More than just another drama full of clichés, “The King of State Island” is a character study. The fact that the character is so deeply flawed and has a lot of external and internal obstacles to overcome only serve to make him more interesting. Scott is not particularly likeable at first. After a while though, he grows on you—and so does the movie. Buy it.
The Trip To Greece
I have to hand it to Rob Brydon and Steve Coogan. It’s their fourth time out in ten years and I am still interested in going with them on their trips. This time the actors, playing versions of themselves that I have a feeling are close to the real deal, are on “The Trip to Greece.”
This outing separates itself from the previous three by starting them off actually on the trip. Technically, they are in Turkey. The idea is for them to re-trace the journey of Odysseus from Turkey, through Greece, and with the final stop at Ithaca. Right off the bat it felt refreshing to get right to it. No phone calls between the two to decide to go, or scenes of one of them protesting about going on the trip even though everyone knows he will choose to go or there wouldn’t be a movie. No scenes of anyone packing a bag and saying goodbye to catch a taxi to the airport. Things like this are fine for the first movie, but by the fourth one we really don’t need it. It’s very savvy of Brydon, Coogan, and director Michael Winterbottom to know this and start us off with the action, i.e. the trip, already in progress.
The joy of this movie is seeing the good natured banter between the two friends. There is a natural flow to it that is authentic to the way most men interact in friendships with each other. Part of the fun of hanging out with Brydon and Coogan on their trek are the impressions. Those familiar with the previous movies are rewarded in seeing them both once again do their spot on Roger Moore impressions. Some new ones include Marlon Brando and Robert de Niro. It wouldn’t be a “Trip” movie without the pair doing an impression of someone’s cockney accent. This time, instead of the classic Michael Caine impression that they both nail, they do an impression of actor Ray Winstone that is every bit as perfect and hilarious.

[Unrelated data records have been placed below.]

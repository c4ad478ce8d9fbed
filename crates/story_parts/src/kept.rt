//! For what an image stands.

use crate::page::{field, say, tell_words};
use nq_base::HostRow;
use nq_image::{FoundFile, read_kept};
use std::alloc::Global;

/// Adds for what an image stands: the numbers of the server, the rows of hosts that sent something, and the files with their blocks.
pub(crate) fn tell(alloc: Global, bytes: &[u8], page: &mut Vec<u8>) {
    let Ok(kept) = read_kept(alloc, bytes) else {
        return;
    };
    field(page, "\n  heads boot", u64::from(kept.heads.boot));
    field(page, " opened", u64::from(kept.heads.opened));
    field(page, " longest", u64::from(kept.heads.longest));
    field(page, " next", u64::from(kept.heads.next));
    for (host, row) in kept.hosts.iter().enumerate() {
        tell_host(host, row, page);
    }
    for file in &kept.files {
        tell_file(file, &kept.blocks, bytes, page);
    }
}

/// Adds the row of a host, if it sent something.
fn tell_host(host: usize, row: &HostRow, page: &mut Vec<u8>) {
    if row.inc.0 > 0 || row.seq.0 > 0 {
        field(page, "\n  host", host as u64);
        field(page, " inc", u64::from(row.inc.0));
        field(page, " seq", row.seq.0);
        field(page, " verdict", row.verdict as u64);
        field(page, " value", row.value);
    }
}

/// Adds a file and its blocks.
fn tell_file(file: &FoundFile, blocks: &[u32], bytes: &[u8], page: &mut Vec<u8>) {
    let row = &file.row;
    field(page, "\n  file", u64::from(row.id.0));
    say(page, " name ");
    page.extend_from_slice(row.name.as_bytes()).ok();
    field(page, " blocks", u64::from(row.blocks));
    field(page, " rev", row.rev.0);
    for number in 0..row.blocks as usize {
        if let Some(block) = blocks.get(number.saturating_add(file.start as usize)) {
            field(page, "\n  block", u64::from(row.id.0));
            field(page, "", number as u64);
            let place = 40960 + 4096 * *block as usize;
            tell_words(page, bytes.get(place..place + 4096).unwrap_or(&[]));
        }
    }
}
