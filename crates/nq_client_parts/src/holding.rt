//! What a client holds on a file: nothing, or a lease (Gray and Cheriton 1989) of one of three kinds (Macklem 1994).
//! Times are in ticks of the client's clock; one tick is one second.

mod held;
mod lease;
mod notice;
mod taken;

pub use held::Held;
pub use lease::Lease;
pub use notice::Notice;
pub use taken::{GrantTaken, Take};
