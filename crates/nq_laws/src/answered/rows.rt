//! Rows of the lease table: who waits for them, who is told to give them up, and what who waits has meanwhile. The statements stand in `specs/`,
//! and their proofs in `proofs/`.

ghost use Rattle.nq_laws.specs.AskersAnswered.{AskersShareLong};
ghost use Rattle.nq_laws.specs.NoTagIsLater.{NoTagIsLater, RowNoticesAreHeard};
ghost use Rattle.nq_laws.specs.NoticesAreHeard.{NoticesAreHeard};
ghost use Rattle.nq_laws.specs.PutOff.{PutOffForRows};
ghost use Rattle.nq_laws.specs.WaitersShare.{WaitersShare};

/// In every state of a server that serves: no request is put off but for a row of another host that conflicts with it, or for the asker's own
/// row, which is to go; and whoever holds such a row is told first, in the same step.
pub fn put_off_for_rows()
    ensures { PutOffForRows }
{}

/// Whoever wants a lease on a file of which he has no row, and is put off where the table has room, has a row then that does not let him cache and goes on
/// for the shortest term at least.
pub fn waiters_share()
    ensures { WaitersShare }
{}

/// Whoever wants a lease, where the table has room and he has no row that does not let him cache, has none afterwards either, or one that goes on for the
/// shortest term.
pub fn askers_share_long()
    ensures { AskersShareLong }
{}

/// In every run: where a host has a row of a file, its client's lease on it, the notice that waits for it, each notice of it that was ever sent to the
/// host and each VACATED of it that the host ever sent name no later tag than the row's latest.
pub fn no_tag_is_later()
    ensures { NoTagIsLater }
{}

/// In every run, while the server serves: a client does not ignore a notice that names its row of a file with its latest tag, where it holds no
/// lease on the file, or one that lets it cache and runs.
pub fn notices_are_heard()
    ensures { NoticesAreHeard }
{}

/// In every run, while the server serves: an attached client does not ignore a notice that names its row of a file with its latest tag, whatever
/// lease it holds on the file.
pub fn row_notices_are_heard()
    ensures { RowNoticesAreHeard }
{}
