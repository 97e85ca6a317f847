//! Words of 64 bits.
ghost use Rattle.std.specs.Prelude.{◌≡◌, ◌<◌, length, replicate, slice_get, slice_set, Some, IfOk};

use std::alloc::{AllocError, Global};
use std::marker::Model;
use std::slice::from_ref;

/// Some words, and how many values are in them: contracts see the list and the number. One word alone takes no memory.
#[derive(Debug, Drop)]
pub(crate) struct Words {
    kept: Kept,
}

// A number of 32 bits beside the one word keeps this at 16 bytes.
#[derive(Debug, Drop)]
enum Kept {
    One(u32, u64),
    More(Box<Many>),
}

#[derive(Debug, Drop)]
struct Many {
    words: Vec<u64>,
    len: usize,
}

impl Model for Words {
    ghost use Rattle.std.specs.Prelude.{ℕ, List};
    ghost use Rattle.std.specs.Coded.{coded×, coded_list, coded_ℕ};

    ghost Value = { List ℕ × ℕ };

    ghost coded = { coded× (coded_list coded_ℕ) coded_ℕ };

    ghost use Rattle.np_state.specs.Kept.{words_in};

    ghost view = { λ w. words_in w.kept };
}

impl Words {
    /// So many words, which are all 0, for so many values.
    pub(crate) fn zeros(alloc: Global, count: usize, len: usize) -> Result<Words, AllocError>
        ensures { IfOk result (λ words. words ≡ (replicate count 0, len)) }
    {
        if count == 1 && len <= 64 {
            return Ok(Words {
                kept: Kept::One(len as u32, 0),
            });
        }
        let words = vec![in alloc; 0u64; count]?;
        let many = Box::new(alloc, Many { words, len })?;
        Ok(Words {
            kept: Kept::More(many),
        })
    }

    /// The same words.
    pub(crate) fn copy(&self, alloc: Global) -> Result<Words, AllocError>
        ensures { IfOk result (λ words. words ≡ self.now) }
    {
        match &self.kept {
            Kept::One(len, word) => Ok(Words {
                kept: Kept::One(*len, *word),
            }),
            Kept::More(many) => {
                let words = Vec::from_slice(alloc, many.words.as_slice())?;
                let len = many.len;
                let many = Box::new(alloc, Many { words, len })?;
                Ok(Words {
                    kept: Kept::More(many),
                })
            }
        }
    }

    /// How many values are in them.
    pub(crate) fn len(&self) -> usize
        ensures { result ≡ self.now.1 }
    {
        match &self.kept {
            Kept::One(len, _) => *len as usize,
            Kept::More(many) => many.len,
        }
    }

    /// All of them.
    pub(crate) fn as_slice(&self) -> &[u64]
        ensures { result.now ≡ self.now.0 }
    {
        match &self.kept {
            Kept::One(_, word) => from_ref(word),
            Kept::More(many) => many.words.as_slice(),
        }
    }

    /// The word at a place.
    pub(crate) fn at(&self, place: usize) -> u64
        requires { place < length self.now.0 }
        ensures { slice_get self.now.0 place ≡ Some result }
    {
        match &self.kept {
            Kept::One(_, word) => *word,
            Kept::More(many) => many.words[place],
        }
    }

    /// Changes the word at a place, and no other.
    pub(crate) fn set(&mut self, place: usize, word: u64)
        requires { place < length self.old.0 }
        ensures { self.new ≡ (slice_set self.old.0 place word, self.old.1) }
    {
        match &mut self.kept {
            Kept::One(_, only) => *only = word,
            Kept::More(many) => many.words[place] = word,
        }
    }
}
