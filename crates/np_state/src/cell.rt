//! The numbers of a state.
ghost use Rattle.std.specs.Prelude.{◌≡◌, true, false, IfSome, IfNone};
ghost use Rattle.np_frac.specs.Fractions.{Fraction, plus, whole};
ghost use Rattle.np_state.specs.Cells.{are_small_wholes};

use np_frac::Frac;
use std::hash::Hash;

/// A number of a state: an exact fraction.
///
/// Two cells are equal exactly where their fractions are, and equal ones hash alike.
pub trait Cell: Eq + Hash + Drop {
    /// The number.
    ghost value: { Self → Fraction };

    /// The same number.
    fn copy(&self) -> Self
        ensures { value result ≡ value self.now };

    /// The exact sum with `by`.
    ///
    /// `None` only where one of the two or their sum isn't a whole number below `2^120` in size. This limit is this project's own.
    fn moved(&self, by: &Self) -> Option<Self>
        ensures value { IfSome result (λ x. value x ≡ plus (value self.now) (value by.now)) }
        ensures only { IfNone result (are_small_wholes (value self.now) (value by.now) ≡ false) };

    /// Equal cells are the same number.
    ghost same: { (a b : Self) → Self.eq a b ≡ true → value a ≡ value b };

    /// Cells of the same number are equal.
    ghost alike: { (a b : Self) → value a ≡ value b → Self.eq a b ≡ true };
}

impl Cell for i128 {
    ghost use Rattle.np_state.specs.CellLaws.{same_int, alike_int};

    ghost value = { whole };

    ghost same = { same_int };

    ghost alike = { alike_int };

    fn copy(&self) -> i128 {
        *self
    }

    #[tactic(auto, using(crate::specs::CellLaws::int_moves, crate::specs::CellLaws::int_refuses))]
    fn moved(&self, by: &i128) -> Option<i128> {
        self.checked_add(*by)
    }
}

impl Cell for Frac {
    ghost use Rattle.np_frac.specs.Fractions.{same_from_eq};
    ghost use Rattle.np_state.specs.CellLaws.{alike_fraction};

    ghost value = { λ f. f };

    ghost same = { same_from_eq };

    ghost alike = { alike_fraction };

    fn copy(&self) -> Frac {
        *self
    }

    #[tactic(auto, using(crate::specs::CellLaws::fraction_refuses))]
    fn moved(&self, by: &Frac) -> Option<Frac> {
        self.add(by)
    }
}
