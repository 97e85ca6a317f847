//! Distinct states by number.
ghost use Rattle.std.specs.Prelude.{◌≡◌, ◌<◌, [], length, Some, slice_get, IfOk, OnErr};
ghost use Rattle.np_state.specs.States.{value_of};
ghost use Rattle.np_state.specs.Interning.{IsNumberOf, AreDistinct};

use crate::cell::Cell;
use crate::state::State;
use indexmap::IndexSet;
use std::alloc::{AllocError, Global};
use std::marker::Model;

/// Distinct states, which contracts see as the list of what they say. A state's number is its place.
#[derive(Drop)]
pub struct StateStore<C: Cell> {
    states: IndexSet<State<C>>,
}

impl<C: Cell> Model for StateStore<C> {
    ghost use Rattle.std.specs.Prelude.{List, map};
    ghost use Rattle.std.specs.Coded.{coded_list};
    ghost use Rattle.np_state.specs.StateValues.{StateValue, state_value_code};
    ghost use Rattle.np_state.specs.States.{value_of};

    ghost Value = { List StateValue };

    ghost coded = { coded_list state_value_code };

    ghost view = { λ s. map (value_of C.value) s.states.keys };
}

impl<C: Cell> StateStore<C> {
    /// A store without states.
    pub fn new(alloc: Global) -> StateStore<C>
        ensures { result ≡ [] }
    {
        StateStore {
            states: IndexSet::new(alloc),
        }
    }

    /// The number of the equal state and false where there is one, else the next number and true. After out of memory the store is
    /// as before.
    pub fn intern(&mut self, s: State<C>) -> Result<(usize, bool), AllocError>
        ensures ok { IfOk result (λ r. IsNumberOf self.old self.new (value_of C.value s) r.0 r.1) }
        ensures err { OnErr result (self.new ≡ self.old) }
    {
        Ok(self.states.insert_full(s)?)
    }

    /// The state of a number.
    pub fn get(&self, i: usize) -> &State<C>
        requires { i < length self.now }
        ensures { slice_get self.now i ≡ Some (value_of C.value result.now) }
    {
        &self.states.as_slice()[i]
    }

    /// How many states there are.
    pub fn len(&self) -> usize
        ensures len { result ≡ length self.now }
        ensures distinct { AreDistinct self.now }
    {
        self.states.len()
    }
}
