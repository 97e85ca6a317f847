//! Rows of truth values.
ghost use Rattle.std.specs.Prelude.{◌≡◌, ◌<◌, ◌==◌, ℕ, Some, false, length, replicate, slice_get, slice_set, IfOk, if◌then◌else◌};
ghost use Rattle.np_state.specs.Words.{is_set};

use crate::words::Words;
use std::alloc::{AllocError, Global};
use std::hash::{Hash, Hasher};
use std::marker::Model;

/// A row of truth values, which contracts see as their list. 64 values are kept in one word.
#[derive(Debug, Drop)]
pub struct BitRow {
    // At least one word. The bits past the last value are 0.
    words: Words,
}

impl Model for BitRow {
    ghost use Rattle.std.specs.Prelude.{List, Bool};
    ghost use Rattle.std.specs.Coded.{coded_list, coded_bool};
    ghost use Rattle.np_state.specs.Words.{row_of, ArePacked};

    ghost Value = { List Bool };

    ghost coded = { coded_list coded_bool };

    ghost view = { λ r. row_of r.words.0 r.words.1 };

    ghost invariant = { λ r. ArePacked r.words.0 r.words.1 };
}

impl PartialEq for BitRow {
    ghost use Rattle.np_state.specs.Bits.{bits_eq, bits_eq_laws};
    ghost use Rattle.std.specs.Cmp.{partial_equiv_from_equiv};

    ghost eq = { bits_eq };

    ghost laws = { partial_equiv_from_equiv bits_eq_laws };

    fn eq(&self, other: &BitRow) -> bool {
        self.words.len() == other.words.len() && self.words.as_slice() == other.words.as_slice()
    }
}

impl Eq for BitRow {
    ghost use Rattle.np_state.specs.Bits.{bits_eq_laws};

    ghost laws = { bits_eq_laws };
}

impl Hash for BitRow {
    ghost use Rattle.np_state.specs.Bits.{bits_fed, bits_fed_alike};

    ghost hash_input = { bits_fed };

    ghost respects_eq = { bits_fed_alike };

    fn hash<H: Hasher>(&self, state: &mut H) {
        u64::hash_slice(self.words.as_slice(), state);
    }
}

/// Whether a bit of the word is 1.
fn is_set(word: u64, place: usize) -> bool
    requires { place < 64 }
    ensures { result ≡ is_set word place }
{
    (word >> place) & 1 == 1
}

/// The word with one bit changed.
fn with_bit(word: u64, place: usize, on: bool) -> u64
    requires { place < 64 }
    ensures { (i : ℕ) → i < 64 → is_set result i ≡ (if i == place then on else is_set word i) }
{
    let bit = 1u64 << place;
    if on { word | bit } else { word & !bit }
}

impl BitRow {
    /// `n` values that are all false.
    pub fn new(alloc: Global, n: usize) -> Result<BitRow, AllocError>
        ensures { IfOk result (λ row. row ≡ replicate n false) }
    {
        let words = Words::zeros(alloc, n.saturating_sub(1) / 64 + 1, n)?;
        Ok(BitRow { words })
    }

    /// The same values.
    pub fn copy(&self, alloc: Global) -> Result<BitRow, AllocError>
        ensures { IfOk result (λ copy. copy ≡ self.now) }
    {
        let words = self.words.copy(alloc)?;
        Ok(BitRow { words })
    }

    /// How many values there are.
    pub fn len(&self) -> usize
        ensures { result ≡ length self.now }
    {
        self.words.len()
    }

    /// The value at a place.
    pub fn get(&self, i: usize) -> bool
        requires { i < length self.now }
        ensures { slice_get self.now i ≡ Some result }
    {
        is_set(self.words.at(i / 64), i % 64)
    }

    /// Changes the value at a place, and no other.
    pub fn set(&mut self, i: usize, on: bool)
        requires { i < length self.old }
        ensures { self.new ≡ slice_set self.old i on }
    {
        let word = with_bit(self.words.at(i / 64), i % 64, on);
        self.words.set(i / 64, word);
    }
}
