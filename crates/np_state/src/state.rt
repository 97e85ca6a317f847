//! States.
use crate::bits::BitRow;
use crate::cell::Cell;

/// A state: which facts hold, and the number in each cell.
///
/// Two states are equal exactly where their facts and their numbers are, and equal ones hash alike.
#[derive(PartialEq, Eq, Hash, Drop)]
pub struct State<C: Cell> {
    pub facts: BitRow,
    pub cells: Vec<C>,
}
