//! States of a search: truth values and exact numbers, each state kept once.
#![tactic(auto)]

mod bits;
mod cell;
mod state;
mod store;
mod words;

pub use bits::BitRow;
pub use cell::Cell;
pub use state::State;
pub use store::StateStore;
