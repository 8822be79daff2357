// Whether a table value is one that a text gives. specs/Readable.antt says what that means, and specs/Tests.antt has the tests.

ghost use Rattle.std.specs.Prelude.{◌≡◌, ◌↔◌, IsTrue, [], drop, is_some, IfSome};
ghost use Rattle.std.specs.List.{list_all};
ghost use Rattle.table.specs.Tables.{tasks_of, accesses_of};
ghost use Rattle.table_text.specs.Readable.{Whole, Readable};
ghost use Rattle.table_text.specs.Tests.{head_of, is_next, are_next, is_entered, is_vacant, is_unused, has_lines, is_readable};

use crate::extent;
use cache::units::Ticks;
use cache::useful::Form;
use table::Table;
use table::accepted::Accepted;
use table::accesses::Access;
use table::tasks::{Head, Task, is_known};
use texts::fields;
use writing::marks::{marks_fit, useful_fits};

// Whether a line can say a task in a table of this form with so many cache sets, below these tasks.
#[tactic(auto, unfolding(crate::specs::Tests::is_next))]
fn is_next(form: Form, sets: u64, above: &[Task], task: &Task) -> bool
    ensures { result ≡ is_next form sets above.now task.now }
{
    task.name.is_filled()
        & task.is_timely()
        & useful_fits(form, sets, &task.ucb)
        & marks_fit(sets, task.ecb)
        & !is_known(task.name, above)
}

// Whether lines can say these tasks, each below those above it.
fn are_next(form: Form, sets: u64, tasks: &[Task]) -> bool
    ensures { result ≡ are_next form sets [] tasks.now }
{
    for (k, task) in tasks.iter().enumerate() {
        if !is_next(form, sets, &tasks[..k], task) {
            return false;
        }
    }
    true
}

// Whether a line can say an access in a table of so many cache sets, below so many tasks.
#[tactic(auto, unfolding(crate::specs::Tests::is_entered))]
fn is_entered(form: Form, sets: u64, count: usize, access: &Access) -> bool
    ensures { result ≡ is_entered form sets count access.now }
{
    fields::is_within(1, Ticks::LONGEST, access.lasts.0)
        & useful_fits(form, sets, &access.ucb)
        & (access.task < count)
        & (access.ceiling <= access.task)
}

fn are_entered(form: Form, sets: u64, count: usize, accesses: &[Access]) -> bool
    ensures { result ≡ list_all (is_entered form sets count) accesses.now }
{
    accesses
        .iter()
        .all(|access| is_entered(form, sets, count, access))
}

// Whether a place has no task: a set without marks fits where there is no cache set.
#[tactic(auto, unfolding(crate::specs::Tests::is_vacant))]
fn is_vacant(task: &Task) -> bool
    ensures { result ≡ is_vacant task.now }
{
    fields::same_bytes(&task.name.bytes, &[0; 12])
        & (task.work.0 == 0)
        & (task.period.0 == 0)
        & (task.deadline.0 == 0)
        & (task.jitter.0 == 0)
        & useful_fits(Form::Hex, 0, &task.ucb)
        & marks_fit(0, task.ecb)
}

fn are_vacant(places: &[Task]) -> bool
    ensures { result ≡ list_all is_vacant places.now }
{
    places.iter().all(|task| is_vacant(task))
}

// Whether a place has no access.
#[tactic(auto, unfolding(crate::specs::Tests::is_unused))]
fn is_unused(access: &Access) -> bool
    ensures { result ≡ is_unused access.now }
{
    (access.task == 0)
        & (access.ceiling == 0)
        & (access.lasts.0 == 0)
        & useful_fits(Form::Hex, 0, &access.ucb)
}

fn are_unused(places: &[Access]) -> bool
    ensures { result ≡ list_all is_unused places.now }
{
    places.iter().all(|access| is_unused(access))
}

// Whether lines can say the table.
#[tactic(auto, unfolding(crate::specs::Tests::has_lines))]
fn has_lines(table: &Table) -> bool
    ensures test { result ≡ has_lines table.now }
    ensures whole { Whole table.now }
{
    let places = &table.tasks;
    let access_places = &table.accesses;
    if Table::MOST_TASKS < table.count || Table::MOST_ACCESSES < table.access_count {
        return false;
    }
    let head = Head {
        sets: table.sets,
        brt: table.brt,
        form: table.form,
    };
    head.in_range()
        && 0 < table.count
        && are_next(table.form, table.sets, table.tasks())
        && are_entered(table.form, table.sets, table.count, table.accesses())
        && are_vacant(&places[table.count..])
        && are_unused(&access_places[table.access_count..])
}

// Whether some accepted text reads as this table.
fn is_readable(table: &Table) -> bool
    ensures test { result ≡ is_readable table.now }
    ensures meant { IsTrue result ↔ Readable table.now }
{
    has_lines(table) && extent::length(table) <= Table::LONGEST_TEXT
}

// The table as an accepted one, where some accepted text reads as it.
pub fn accepted<'a>(table: &'a Table) -> Option<Accepted<'a>>
    ensures test { is_some result ≡ is_readable table.now }
    ensures meant { IsTrue (is_some result) ↔ Readable table.now }
    ensures same { IfSome result (λ accepted. accepted.table.now ≡ table.now) }
{
    if is_readable(table) {
        Some(Accepted { table })
    } else {
        None
    }
}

The “Trip” movies typically have a plot of some kind other than the journey from one place to the next, and “The Trip to Greece” is no exception. There is a B-story thread that follows Coogan throughout and pays off at the end. It’s more dramatic and serious than the fun and frivolity he has with Brydon, but I will take it as a counterpoint that accentuates the comedy and also, as someone still scratching his head over the ending of “The Trip to Spain,” I appreciate that the movie actually feels complete and doesn’t just nihilistically trail off and abruptly stop. Rent it.
“Deep Blue Sea 3,” in which a marine biologist and her team studying the effects of climate change off the coast of Mozambique confront three genetically enhanced bull sharks, starring Nathaniel Buzolic, Emerson Brooks, Bren Foster; and “Fulci for Fake,” the first biopic about Lucio Fulci, who is in my opinion the most wildly inconsistent director of all time, with never seen before footage, photos and interviews.